PROBLEM DESCRIPTION.
For this exercise, the reply is the listing below, reproduced exactly.

RAW DATA.
────────────────

ghost use Rattle.std.specs.Prelude.{◌≡◌, ◌<◌, ◌&&◌, ◌==◌, length, drop, slice_index};
ghost use Rattle.std.specs.List.{list_all};
ghost use Rattle.c_lexer.specs.Bytes.{stays_in_line};
ghost use Rattle.c_lexer.specs.Units.{begins_with, read_comment};
ghost use Rattle.c_lexer.specs.Prefixes.{IsLongest};
ghost use Rattle.c_lexer.specs.Cut.{IsUnit};

use crate::unit::{Fault, Reading, Unit};

/// How many bytes come before the first newline, or the end.
pub fn line_len(bytes: &[u8]) -> usize
    ensures { IsLongest (list_all stays_in_line) bytes.now result }
{
    for (len, byte) in bytes.iter().enumerate() {
        if *byte == b'\n' {
            return len;
        }
    }
    bytes.len()
}

/// What follows `/*`: a comment up to its first `*/`, or a fault up to the end.
pub fn comment_unit(bytes: &[u8]) -> Unit
    ensures { IsUnit read_comment bytes.now result.len result.reading }
{
    let mut at = 0;
    while at < bytes.len() {
        let (_, rest) = bytes.split_at(at);
        if closes_comment(rest) {
            return Unit {
                len: at + 2,
                reading: Reading::Space,
            };
        }
        at += 1;
    }
    Unit {
        len: at,
        reading: Reading::Bad(Fault::Byte),
    }
}

/// Whether `*/` is in front.
pub fn closes_comment(rest: &[u8]) -> bool
    requires { 0 < length rest.now }
    ensures { result ≡ ((slice_index rest.now 0 == 42) && begins_with 47 (drop 1 rest.now)) }
{
    rest[0] == b'*' && 1 < rest.len() && rest[1] == b'/'
}
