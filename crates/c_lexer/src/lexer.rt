ghost use Rattle.std.specs.Prelude.{◌≡◌, ◌≢◌, ◌≤◌, ◌<◌, ◌++◌, ◌∷◌, [], length, List, Ok, Err, Result, MatchResult, OnOk, IfOk, IfErr};
ghost use Rattle.std.specs.Str.{IsUtf8};
ghost use Rattle.c_lexer.specs.declared.token.LexFault.{LexFault};
ghost use Rattle.c_lexer.specs.declared.token.Token.{Token};
ghost use Rattle.c_lexer.specs.Cut.{Lexes, token, most_tokens};
ghost use Rattle.c_lexer.specs.Compute.{lexed};

use crate::scan::unit_at;
use crate::token::{LexFault, Token, TokenKind};
use crate::unit::Reading;
use dsu_io::Text;
use std::alloc::{AllocError, Global};
use std::str;

/// A text has at most so many tokens.
const MOST_TOKENS: usize = 65_536;

/// The tokens of a text, or its first fault.
///
/// The text is cut from its start into units, each the longest at its place (6.4p4): blanks, tokens and
/// faults. The first fault ends the cut. More tokens than the limit in front of it, or of the end, are a
/// fault at the first byte of the first token past the limit. The time is linear in the text's length.
pub fn lex(alloc: Global, text: &[u8]) -> Result<Vec<Token>, LexFault>
    // The answer is that of the text's cut.
    ensures cut { MatchResult result (λ tokens. Lexes text.now (Ok tokens.items)) (λ fault. fault ≢ LexFault.Memory → Lexes text.now (Err fault)) }
    // No other answer is.
    ensures only { (other : Result (List Token) LexFault) → Lexes text.now other
        → MatchResult result (λ tokens. other ≡ Ok tokens.items) (λ fault. fault ≢ LexFault.Memory → other ≡ Err fault) }
    // It is the one that can be computed by trying every length at every place.
    ensures computed { MatchResult result (λ tokens. lexed text.now ≡ Ok tokens.items) (λ fault. fault ≢ LexFault.Memory → lexed text.now ≡ Err fault) }
{
    let mut tokens = Vec::new(alloc);
    let mut at = 0;
    while at < text.len() {
        let unit = unit_at(text, at);
        match unit.reading {
            Reading::Space => {}
            Reading::Lexeme(kind) => {
                let (_, rest) = text.split_at(at);
                push_token(alloc, &mut tokens, kind, at, &rest[..unit.len])?;
            }
            Reading::Bad(fault) => return Err(fault.at(at)),
        }
        at += unit.len;
    }
    Ok(tokens)
}

/// Adds a token, unless there are as many as a text may have.
fn push_token(
    alloc: Global,
    tokens: &mut Vec<Token>,
    kind: TokenKind,
    at: usize,
    spelling: &[u8],
) -> Result<(), LexFault>
    requires { IsUtf8 spelling.now }
    ensures room { OnOk result (length tokens.old.items < most_tokens) }
    ensures pushed { OnOk result (tokens.new.items ≡ tokens.old.items ++ token kind at spelling.now ∷ []) }
    ensures full { IfErr result (λ fault. fault ≢ LexFault.Memory → fault ≡ LexFault.TooMany at) }
    ensures most { IfErr result (λ fault. fault ≢ LexFault.Memory → most_tokens ≤ length tokens.old.items) }
{
    if tokens.len() >= MOST_TOKENS {
        return Err(LexFault::TooMany(at));
    }
    match token_of(alloc, kind, at, spelling) {
        Ok(token) => match tokens.push(token) {
            Ok(()) => Ok(()),
            Err(_) => Err(LexFault::Memory),
        },
        Err(_) => Err(LexFault::Memory),
    }
}

/// The token of a spelling at a place.
fn token_of(alloc: Global, kind: TokenKind, at: usize, spelling: &[u8]) -> Result<Token, AllocError>
    requires { IsUtf8 spelling.now }
    ensures { IfOk result (λ made. made ≡ token kind at spelling.now) }
{
    let text = match str::from_utf8(spelling) {
        Ok(text) => Text::of(alloc, text)?,
        Err(_) => unreachable!(),
    };
    Ok(Token {
        kind,
        at,
        len: spelling.len(),
        text,
    })
}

────────────────

OUTPUT.
ghost use Rattle.std.specs.Prelude.{◌≡◌, ◌<◌, ◌&&◌, ◌==◌, length, drop, slice_index};
ghost use Rattle.std.specs.List.{list_all};
ghost use Rattle.c_lexer.specs.Bytes.{stays_in_line};
ghost use Rattle.c_lexer.specs.Units.{begins_with, read_comment};
ghost use Rattle.c_lexer.specs.Prefixes.{IsLongest};
ghost use Rattle.c_lexer.specs.Cut.{IsUnit};

use crate::unit::{Fault, Reading, Unit};

/// How many bytes come before the first newline, or the end.
pub fn line_len(bytes: &[u8]) -> usize
    ensures { IsLongest (list_all stays_in_line) bytes.now result }
{
    for (len, byte) in bytes.iter().enumerate() {
        if *byte == b'\n' {
            return len;
        }
    }
    bytes.len()
}

/// What follows `/*`: a comment up to its first `*/`, or a fault up to the end.
pub fn comment_unit(bytes: &[u8]) -> Unit
    ensures { IsUnit read_comment bytes.now result.len result.reading }
{
    let mut at = 0;
    while at < bytes.len() {
        let (_, rest) = bytes.split_at(at);
        if closes_comment(rest) {
            return Unit {
                len: at + 2,
                reading: Reading::Space,
            };
        }
        at += 1;
    }
    Unit {
        len: at,
        reading: Reading::Bad(Fault::Byte),
    }
}

/// Whether `*/` is in front.
pub fn closes_comment(rest: &[u8]) -> bool
    requires { 0 < length rest.now }
    ensures { result ≡ ((slice_index rest.now 0 == 42) && begins_with 47 (drop 1 rest.now)) }
{
    rest[0] == b'*' && 1 < rest.len() && rest[1] == b'/'
}
filename crates/c_lexer/src/lexer.rt
ghost use Rattle.std.specs.Prelude.{◌≡◌, ◌≢◌, ◌≤◌, ◌<◌, ◌++◌, ◌∷◌, [], length, List, Ok, Err, Result, MatchResult, OnOk, IfOk, IfErr};
ghost use Rattle.std.specs.Str.{IsUtf8};
ghost use Rattle.c_lexer.specs.declared.token.LexFault.{LexFault};
ghost use Rattle.c_lexer.specs.declared.token.Token.{Token};
ghost use Rattle.c_lexer.specs.Cut.{Lexes, token, most_tokens};
ghost use Rattle.c_lexer.specs.Compute.{lexed};

use crate::scan::unit_at;
use crate::token::{LexFault, Token, TokenKind};
use crate::unit::Reading;
use dsu_io::Text;
use std::alloc::{AllocError, Global};
use std::str;

/// A text has at most so many tokens.
const MOST_TOKENS: usize = 65_536;

/// The tokens of a text, or its first fault.
///
/// The text is cut from its start into units, each the longest at its place (6.4p4): blanks, tokens and
/// faults. The first fault ends the cut. More tokens than the limit in front of it, or of the end, are a
/// fault at the first byte of the first token past the limit. The time is linear in the text's length.
pub fn lex(alloc: Global, text: &[u8]) -> Result<Vec<Token>, LexFault>
    // The answer is that of the text's cut.
    ensures cut { MatchResult result (λ tokens. Lexes text.now (Ok tokens.items)) (λ fault. fault ≢ LexFault.Memory → Lexes text.now (Err fault)) }
    // No other answer is.
    ensures only { (other : Result (List Token) LexFault) → Lexes text.now other
        → MatchResult result (λ tokens. other ≡ Ok tokens.items) (λ fault. fault ≢ LexFault.Memory → other ≡ Err fault) }
    // It is the one that can be computed by trying every length at every place.
    ensures computed { MatchResult result (λ tokens. lexed text.now ≡ Ok tokens.items) (λ fault. fault ≢ LexFault.Memory → lexed text.now ≡ Err fault) }
{
    let mut tokens = Vec::new(alloc);
    let mut at = 0;
    while at < text.len() {
        let unit = unit_at(text, at);
        match unit.reading {
            Reading::Space => {}
            Reading::Lexeme(kind) => {
                let (_, rest) = text.split_at(at);
                push_token(alloc, &mut tokens, kind, at, &rest[..unit.len])?;
            }
            Reading::Bad(fault) => return Err(fault.at(at)),
        }
        at += unit.len;
    }
    Ok(tokens)
}

/// Adds a token, unless there are as many as a text may have.
fn push_token(
    alloc: Global,
    tokens: &mut Vec<Token>,
    kind: TokenKind,
    at: usize,
    spelling: &[u8],
) -> Result<(), LexFault>
    requires { IsUtf8 spelling.now }
    ensures room { OnOk result (length tokens.old.items < most_tokens) }
    ensures pushed { OnOk result (tokens.new.items ≡ tokens.old.items ++ token kind at spelling.now ∷ []) }
    ensures full { IfErr result (λ fault. fault ≢ LexFault.Memory → fault ≡ LexFault.TooMany at) }
    ensures most { IfErr result (λ fault. fault ≢ LexFault.Memory → most_tokens ≤ length tokens.old.items) }
{
    if tokens.len() >= MOST_TOKENS {
        return Err(LexFault::TooMany(at));
    }
    match token_of(alloc, kind, at, spelling) {
        Ok(token) => match tokens.push(token) {
            Ok(()) => Ok(()),
            Err(_) => Err(LexFault::Memory),
        },
        Err(_) => Err(LexFault::Memory),
    }
}

/// The token of a spelling at a place.
fn token_of(alloc: Global, kind: TokenKind, at: usize, spelling: &[u8]) -> Result<Token, AllocError>
    requires { IsUtf8 spelling.now }
    ensures { IfOk result (λ made. made ≡ token kind at spelling.now) }
{
    let text = match str::from_utf8(spelling) {
        Ok(text) => Text::of(alloc, text)?,
        Err(_) => unreachable!(),
    };
    Ok(Token {
        kind,
        at,
        len: spelling.len(),
        text,
    })
}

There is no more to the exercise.